DIŞARIDA BİR SALGIN VAR; PEKİ İÇERİDE NE VAR? 

Akademisyenlerinizi süründürdüler. Sustunuz.

Politikacılarınızı ezip geçtiler. Sesiniz çıkmadı.

Gazetecilerinizi yok ettiler. Seyrettiniz.

Hukukçularınızı yaktılar. Katlandınız.

Sanatçılarınızı uçurumlardan attılar. Umursamadınız.

Şimdi doktorlarınızı yok etmeye çalışıyorlar.

Bir salgınla değil de sanki toplumun maddi manevi sağlığına hizmet eden kim varsa, ne varsa ona karşı savaşıyorlar. 

Bir düşünün...

Şu salgın zamanında bile zengini daha zengin, fakiri daha fakir yapan ve önceliğinde asla halkın mağduriyetleri olmayan iktidarlar...

Hangi dinamiklerle nasıl hâlâ iktidar hayali kurabiliyorlar?

Çünkü unuttunuz... Hızla unuttunuz.

Yoksulluk ve çaresizlik yüzünden;

Her an vagonların önüne atlayıp ölmeye kalkışabilecek insanlarla birlikte metroya biniyorsunuz.

Kendisini sulara attı atacak insanlarla birlikte köprüden geçiyorsunuz.

Cebinde ateşiyle dolaşan ve bedenini meydanlarda yakmaya hazırlanan insanlarla aynı caddelerde yürüyorsunuz.

Annesinin kucağında, çöpten çıkarılmış bir mısır koçanını kemiren dilenci bir çocuğun hemen yanı başında, pembe tütü giydirdiği küçük kızına itinayla midye dolma yediren kadına boş gözlerle bakıp geçiyorsunuz.

Kırılmış kaldırım taşlarının parçalarını bir puzzle gibi yerine yerleştiren evsiz kadının imdat çağrılarıyla dolu deliliğini görmezden geliyorsunuz.

Şehrin farklı köşelerine dağılmış kara çarşaflı genç kızların, başına oturdukları türlü çöplerle dolu büyük siyah poşetleri parçalayıp gülüşerek içinden yiyecek ayıklamasının yeni bir dilenme modeli olduğunu düşünürken buluyorsunuz kendinizi.

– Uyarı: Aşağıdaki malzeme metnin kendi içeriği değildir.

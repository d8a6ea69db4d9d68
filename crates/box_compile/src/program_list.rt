//! The programs of a core's boxes.
ghost use Rattle.std.specs.Prelude.{◌≡◌, ◌++◌, List, Some, IfOk, OnOk, option_to_list, slice_get};
ghost use Rattle.hume_model.specs.declared.core_tree.BoxC.{BoxC as AnyBox};
ghost use Rattle.box_costs.specs.CostRules.{node_bound};
ghost use Rattle.box_costs.specs.Bounds.{box_bound};
ghost use Rattle.space_costs.specs.NodeCosts.{AreCosts};
ghost use Rattle.box_code.specs.RepresentsBox.{RepresentsBox};
ghost use Rattle.box_compile.specs.Programs.{AreProgramsFor, AreProgramsOf, box_in};

use crate::boxes::box_program;
use crate::counts::count;
use box_code::BoxProgram;
use hume_base::List;
use hume_model::{Core, NodeC};
use space_costs::Costs;
use std::alloc::{AllocError, Global};

/// The program of each box of the core, in source order. An operand that has no room in its part of a word, a code that is
/// too long, and a call of a function that isn't there are answered by want of memory, and no accepted program has them.
pub fn compile(alloc: Global, core: &Core, costs: &Costs) -> Result<List<BoxProgram>, AllocError>
    requires { AreCosts core.now costs.now }
    ensures { IfOk result (AreProgramsOf core.now) }
{
    let mut programs = List::new(alloc);
    let count = count(core.nodes.len())?;
    for i in 0..count {
        add_program(
            alloc,
            core,
            costs,
            i,
            &core.nodes[i as usize],
            &mut programs,
        )?;
    }
    Ok(programs)
}

// Adds the program of the node of the number, if it is a box.
fn add_program(
    alloc: Global,
    core: &Core,
    costs: &Costs,
    number: u32,
    node: &NodeC,
    programs: &mut List<BoxProgram>,
) -> Result<(), AllocError>
    requires costs { AreCosts core.now costs.now }
    requires node { slice_get core.now.nodes number ≡ Some node.now }
    ensures { OnOk result ((boxes : List AnyBox) → AreProgramsFor core.now boxes programs.old
        → AreProgramsFor core.now (boxes ++ option_to_list (box_in node.now)) programs.new) }
{
    match node {
        NodeC::Rules(b) => {
            let heap = costs.heap(number);
            let stack = costs.stack(number);
            let work = costs.work(number);
            let program = box_program(alloc, core, b, heap, stack, work)?;
            programs.push(program)
        }
        NodeC::From(_) => Ok(()),
        NodeC::To(_) => Ok(()),
    }
}
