ghost use Rattle.std.specs.Prelude.{◌≡◌};
ghost use Rattle.hume_base.specs.Flat.{word_of_value};
ghost use Rattle.hume_base.specs.Words.{int_of, word_of};

use crate::types::Value;

/// The number that a word stands for at an `int` type.
pub fn int_of_word(word: u64) -> i64
    ensures { result ≡ int_of word }
{
    word.cast_signed()
}

/// The word of a number at an `int` type.
pub fn word_of_int(number: i64) -> u64
    ensures { result ≡ word_of number }
{
    number.cast_unsigned()
}

impl Value {
    /// The word of a scalar; of a tuple or a vector, which have none, 0.
    pub fn word(&self) -> u64
        ensures { result ≡ word_of_value self.now }
    {
        match self {
            Value::Word(word) => *word,
            Value::Con(place, _) => *place as u64,
            Value::Tuple(_) | Value::Vector(_) => 0,
        }
    }
}
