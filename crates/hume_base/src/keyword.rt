ghost use Rattle.std.specs.Prelude.{◌≡◌, ◌↔◌, IsTrue, Some, bytes_eq};
ghost use Rattle.std.specs.List.{find};
ghost use Rattle.hume_base.specs.Keywords.{keyword_text, keyword_of};
ghost use Rattle.hume_base.specs.inner.FirstLetters.{keywords_with};

/// A word that is no name.
#[derive(Clone, Copy, Debug, PartialEq, Eq)]
pub enum Keyword {
    Data,
    Exception,
    Box,
    In,
    Out,
    Match,
    Fair,
    Handle,
    Stream,
    From,
    To,
    Wire,
    Initial,
    Let,
    If,
    Then,
    Else,
    Case,
    Of,
    End,
    Raise,
    As,
    True,
    False,
    Bool,
    Char,
    Int,
    Nat,
    Vector,
    Div,
    Mod,
    And,
    Or,
    Not,
    Update,
}

impl Keyword {
    pub fn text(self) -> &'static [u8]
        ensures { result.now ≡ keyword_text self }
    {
        match self {
            Keyword::Data => b"data",
            Keyword::Exception => b"exception",
            Keyword::Box => b"box",
            Keyword::In => b"in",
            Keyword::Out => b"out",
            Keyword::Match => b"match",
            Keyword::Fair => b"fair",
            Keyword::Handle => b"handle",
            Keyword::Stream => b"stream",
            Keyword::From => b"from",
            Keyword::To => b"to",
            Keyword::Wire => b"wire",
            Keyword::Initial => b"initial",
            Keyword::Let => b"let",
            Keyword::If => b"if",
            Keyword::Then => b"then",
            Keyword::Else => b"else",
            Keyword::Case => b"case",
            Keyword::Of => b"of",
            Keyword::End => b"end",
            Keyword::Raise => b"raise",
            Keyword::As => b"as",
            Keyword::True => b"true",
            Keyword::False => b"false",
            Keyword::Bool => b"bool",
            Keyword::Char => b"char",
            Keyword::Int => b"int",
            Keyword::Nat => b"nat",
            Keyword::Vector => b"vector",
            Keyword::Div => b"div",
            Keyword::Mod => b"mod",
            Keyword::And => b"and",
            Keyword::Or => b"or",
            Keyword::Not => b"not",
            Keyword::Update => b"update",
        }
    }

    /// The keyword that is spelled so.
    pub fn from_text(text: &[u8]) -> Option<Keyword>
        ensures found { result ≡ keyword_of text.now }
        ensures exact { (keyword : Keyword) → (result ≡ Some keyword) ↔ (text.now ≡ keyword_text keyword) }
    {
        match text {
            [] => None,
            [first, ..] => find_among(starting_with(*first), text),
        }
    }

    /// Whether two are the same; a clause learns more from it than from `==`.
    pub fn is(self, other: Keyword) -> bool
        ensures { IsTrue result ↔ (self ≡ other) }
    {
        self == other
    }
}

/// The keywords that begin with the letter.
fn starting_with(letter: u8) -> &'static [Keyword]
    ensures { result.now ≡ keywords_with letter }
{
    match letter {
        b'a' => &[Keyword::As, Keyword::And],
        b'b' => &[Keyword::Box, Keyword::Bool],
        b'c' => &[Keyword::Case, Keyword::Char],
        b'd' => &[Keyword::Data, Keyword::Div],
        b'e' => &[Keyword::Exception, Keyword::Else, Keyword::End],
        b'f' => &[Keyword::Fair, Keyword::From, Keyword::False],
        b'h' => &[Keyword::Handle],
        b'i' => &[Keyword::In, Keyword::Initial, Keyword::If, Keyword::Int],
        b'l' => &[Keyword::Let],
        b'm' => &[Keyword::Match, Keyword::Mod],
        b'n' => &[Keyword::Nat, Keyword::Not],
        b'o' => &[Keyword::Out, Keyword::Of, Keyword::Or],
        b'r' => &[Keyword::Raise],
        b's' => &[Keyword::Stream],
        b't' => &[Keyword::To, Keyword::Then, Keyword::True],
        b'u' => &[Keyword::Update],
        b'v' => &[Keyword::Vector],
        b'w' => &[Keyword::Wire],
        _ => &[],
    }
}

fn find_among(some: &[Keyword], text: &[u8]) -> Option<Keyword>
    ensures { result ≡ find (λ keyword. bytes_eq (keyword_text keyword) text.now) some.now }
{
    some.iter().copied().find(|keyword| keyword.text() == text)
}
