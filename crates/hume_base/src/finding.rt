ghost use Rattle.std.specs.Prelude.{◌≡◌};
ghost use Rattle.hume_base.specs.Least.{earlier_of, finding_of, goes_first, precedes};

use crate::rule::Rule;

/// A broken rule, and the number of the declaration that breaks it, counted from 0.
#[derive(Clone, Copy, Debug, PartialEq, Eq)]
pub struct Finding {
    pub rule: Rule,
    pub declaration: u32,
}

impl Finding {
    /// The broken rule with the declaration that breaks it, if one does.
    pub fn of(rule: Rule, declaration: Option<u32>) -> Option<Finding>
        ensures { result ≡ finding_of rule declaration }
    {
        match declaration {
            None => None,
            Some(declaration) => Some(Finding { rule, declaration }),
        }
    }
}

/// The earlier of two findings: by phase, then by declaration, then by code.
pub fn earlier(left: Option<Finding>, right: Option<Finding>) -> Option<Finding>
    ensures { result ≡ earlier_of left right }
{
    match (left, right) {
        (None, right) => right,
        (left, None) => left,
        (Some(x), Some(y)) => { if comes_first(x, y) { Some(x) } else { Some(y) } }
    }
}

fn comes_first(x: Finding, y: Finding) -> bool
    ensures { result ≡ precedes x y }
{
    has_first_place(
        (x.rule.phase(), x.declaration, x.rule.code()),
        (y.rule.phase(), y.declaration, y.rule.code()),
    )
}

#[tactic(auto, unfolding(crate::specs::Least::goes_first))]
fn has_first_place(left: (u32, u32, u32), right: (u32, u32, u32)) -> bool
    ensures { result ≡ goes_first left right }
{
    if left.0 != right.0 {
        return left.0 < right.0;
    }
    if left.1 != right.1 {
        return left.1 < right.1;
    }
    left.2 <= right.2
}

Sokakta yerde yatan, ölmüş mü, sızmış mı, uyumuş mu anlayamadığınız insanların sayısının arttığını fark etmemek için gözlerinizi sıkı sıkı kapatıyorsunuz.

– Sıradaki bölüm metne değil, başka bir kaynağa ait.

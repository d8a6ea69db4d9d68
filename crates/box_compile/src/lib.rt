//! The compiler: from checked cores to the code of boxes.
//!
//! Main call: `compile`, which gives each box of a core its program. `Programs.antt` defines what those programs have to be, by
//! `RepresentsBox` of `box_code`. Words are only appended: the private `Emitted.antt` says what then stands where.
//! `src/sizes.rt` counts the words of a form before they are written, and they are compared afterwards.
//!
//! Proved: `compile` gives a program for each box of a core, in source order, and each represents its box (`RepresentsBox`):
//! each rule, handler and function stands in its code, and its bounds are those that are printed. The one other answer is
//! `NoMemory`. Law: the program of a box is found by how many boxes stand before it (`boxes_have_their_programs`).
//!
//! It knows cores, their bounds, and which code stands for which form. It doesn't know what runs the code, or the inputs of a
//! run.
#![tactic(auto)]

mod boxes;
mod counts;
mod expressions;
mod finding;
mod functions;
mod laws;
mod leaves;
mod needed;
mod pattern_code;
mod places;
mod program_list;
mod results;
mod sizes;
mod spots;
mod writer;

pub use laws::boxes_have_their_programs;
pub use program_list::compile;
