//! Instructions that are appended to a code.
ghost use Rattle.std.specs.Prelude.{◌≡◌, ◌+◌, ◌++◌, ◌≤◌, [], length, IfOk, IsTrue, None, Some, OnOk, ◌∷◌};
ghost use Rattle.box_code.specs.Words.{OperandsFit, StandsAt, path_of, words_of};
ghost use Rattle.box_compile.specs.inner.Emitted.{Emitted};
ghost use Rattle.box_compile.specs.inner.Parts.{StandsWithPath};

use box_code::{Code, Instr, Path};
use std::alloc::{AllocError, Global};
use std::marker::Model;

// The most words of an instruction before its path.
const MOST_WORDS: u64 = 3;

// The first number that has no room in the low operand of a word.
const LOW_OPERANDS: u32 = 0x100_0000;

/// A code to which instructions are appended while there is room.
#[derive(Drop)]
pub(crate) struct Writer {
    code: Code,
    room: u32,
}

impl Model for Writer {
    ghost use Rattle.std.specs.Prelude.{◌≡◌, ℕ, List};

    ghost Value = { List ℕ };

    ghost view = { λ writer. writer.code.words };

    ghost invariant = { λ writer. writer.code.room ≡ writer.room };
}

impl Writer {
    /// A writer with room for so many words, and for an instruction more.
    pub(crate) fn make(alloc: Global, words: u32) -> Result<Writer, AllocError>
        ensures { IfOk result (λ writer. writer ≡ []) }
    {
        let room = words.saturating_add(MOST_WORDS as u32);
        match Code::make(alloc, room) {
            Err(error) => Err(error),
            Ok(code) => Ok(Writer { code, room }),
        }
    }

    /// How many words there are.
    pub(crate) fn len(&self) -> u32
        ensures { result ≡ length self.now }
    {
        self.code.len()
    }

    /// Whether the place is the end of the words.
    pub(crate) fn reach(&self, place: u32) -> Result<(), AllocError>
        ensures { OnOk result (place ≡ length self.now) }
    {
        if self.code.len() != place {
            return Err(AllocError);
        }
        Ok(())
    }

    pub(crate) fn into_code(self) -> Code
        ensures { result.words ≡ self }
    {
        let Writer { code, .. } = self;
        code
    }

    /// Appends an instruction that has no path.
    #[tactic(auto, using(crate::proofs::Appending::instr_emitted))]
    pub(crate) fn emit(&mut self, instr: Instr) -> Result<(), AllocError>
        requires { path_of instr ≡ None }
        ensures { OnOk result (Emitted self.old self.new (λ code from to. StandsAt code from instr to)) }
    {
        match self.put(instr) {
            Err(error) => Err(error),
            Ok(()) => Ok(()),
        }
    }

    /// Appends an instruction whose path has these field numbers, and stands behind its first words.
    pub(crate) fn emit_at_path(
        &mut self,
        instr: Instr,
        path: Path,
        numbers: &[u32],
    ) -> Result<(), AllocError>
        requires path { path_of instr ≡ Some path }
        requires at { path.at ≡ length self.old + length (words_of instr) }
        requires long { path.length ≡ length numbers.now }
        ensures { OnOk result (Emitted self.old self.new (λ code from to. StandsWithPath code instr path numbers.now from to)) }
    {
        match self.put(instr) {
            Err(error) => Err(error),
            Ok(()) => self.put_fields(numbers),
        }
    }

    // Appends the field numbers of a path.
    fn put_fields(&mut self, numbers: &[u32]) -> Result<(), AllocError>
        ensures { OnOk result (self.new ≡ self.old ++ numbers.now) }
    {
        for number in numbers {
            self.put_field(*number)?;
        }
        Ok(())
    }

    fn put_field(&mut self, number: u32) -> Result<(), AllocError>
        ensures { OnOk result (self.new ≡ self.old ++ number ∷ []) }
    {
        if self.code.len() >= self.room {
            return Err(AllocError);
        }
        self.code.push_field(number);
        Ok(())
    }

    // Appends the first words of an instruction, if its operands fit.
    #[tactic(auto, using(crate::proofs::Appending::few_words))]
    fn put(&mut self, instr: Instr) -> Result<(), AllocError>
        ensures words { OnOk result (self.new ≡ self.old ++ words_of instr) }
        ensures fits { OnOk result (OperandsFit instr) }
    {
        if !is_fitting(instr) || u64::from(self.code.len()) + MOST_WORDS > u64::from(self.room) {
            return Err(AllocError);
        }
        self.code.push(instr);
        Ok(())
    }
}

// Whether each operand has no more bits than its part of a word.
fn is_fitting(instr: Instr) -> bool
    ensures { IsTrue result → OperandsFit instr }
{
    match instr {
        Instr::Make { count, .. } => count < LOW_OPERANDS,
        Instr::MatchWord { depth, .. } => depth < LOW_OPERANDS,
        Instr::MatchTag { depth, .. } => depth < LOW_OPERANDS,
        Instr::Field { depth, .. } => depth < LOW_OPERANDS,
        Instr::Call { count, .. } => count < LOW_OPERANDS,
        Instr::Return { count, .. } => count < LOW_OPERANDS,
        _ => true,
    }
}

Henüz salgının yol açtığı şu ağır çıkışsızlıklar yokken, sadece olağanlaşmış bir yoksulluktan, kendisi intihar ederken ailesini de yok etmeye kalkışan insanları çoktan unuttunuz.

Yoksulluğun bu ülkede birileri için kader olduğuna kendinizi ikna ettiğiniz anda...

Başınıza gelebilecek her şeye de ikna oldunuz.

Camileri açan ve okulları kapatan...

Metroya bindiğinizde başınızı öne eğip telefonunuza bakmayın.

Bakışlarınızı duvarlardaki ekranlara kilitlemeyin.

Gözünüzü boşluğa ya da tavana ya da ayaklarınıza dikmeyin. 

Etrafınıza bakın. Dikkatlice bakın. 

Kaldırım diplerine büzüşmüş tiner kokan küçücük çocukların üzerine basmamak için attığınız adımların sertleştikçe sertleştiğini;

İstemsizce sıktığınız yumruklar yüzünden tırnaklarınız avuçlarınızı deldiğini;

Camileri açan, okulları kapatan, kendisine miting alanları açıp, ülkedeki sanat alanlarını daraltan...

Sadece işçisini, memurunu, öğretmenini, avukatını, çiftçisini, madencisini, gencini, yaşlısını, yoksulunu, engellisini, hastasını değil...

Doktorunu bile adamdan saymayan bir iktidar dilinin ölçüsüzlüğüne emanet ettiğiniz canınızı sıkması gereken gerçekleri fark edin.

Halkını düşünmeyen bu iktidarın, içi tilkilerle dolu kafasına göre yönettiği bir ülkede hem kişisel tarihinizin hem de içinde bulunduğunuz toplumun siyasi tarihinin en gafil günlerini yaşıyorsunuz.

Belki bugün de salgından sağ çıktığınızı sanıyorsunuz ama felaketi fırsata çevirmeye çalışan hadsiz bir iktidar yüzünden tehlikeli bir girdabın içine batıyorsunuz. 

Sorun kendinize

Sorumluluklarının önceliğinde mağduriyet giderme olmayan ve kendisini eleştiren herkesi topun ağzında tutan bir iktidar aslında neye yarar, kime yarar?

Ve böylesine olağanüstü bir dönemde nasıl olur da ülke, aslen toplumun en kıymetlisi olması gereken doktorlarından oluk oluk kanar?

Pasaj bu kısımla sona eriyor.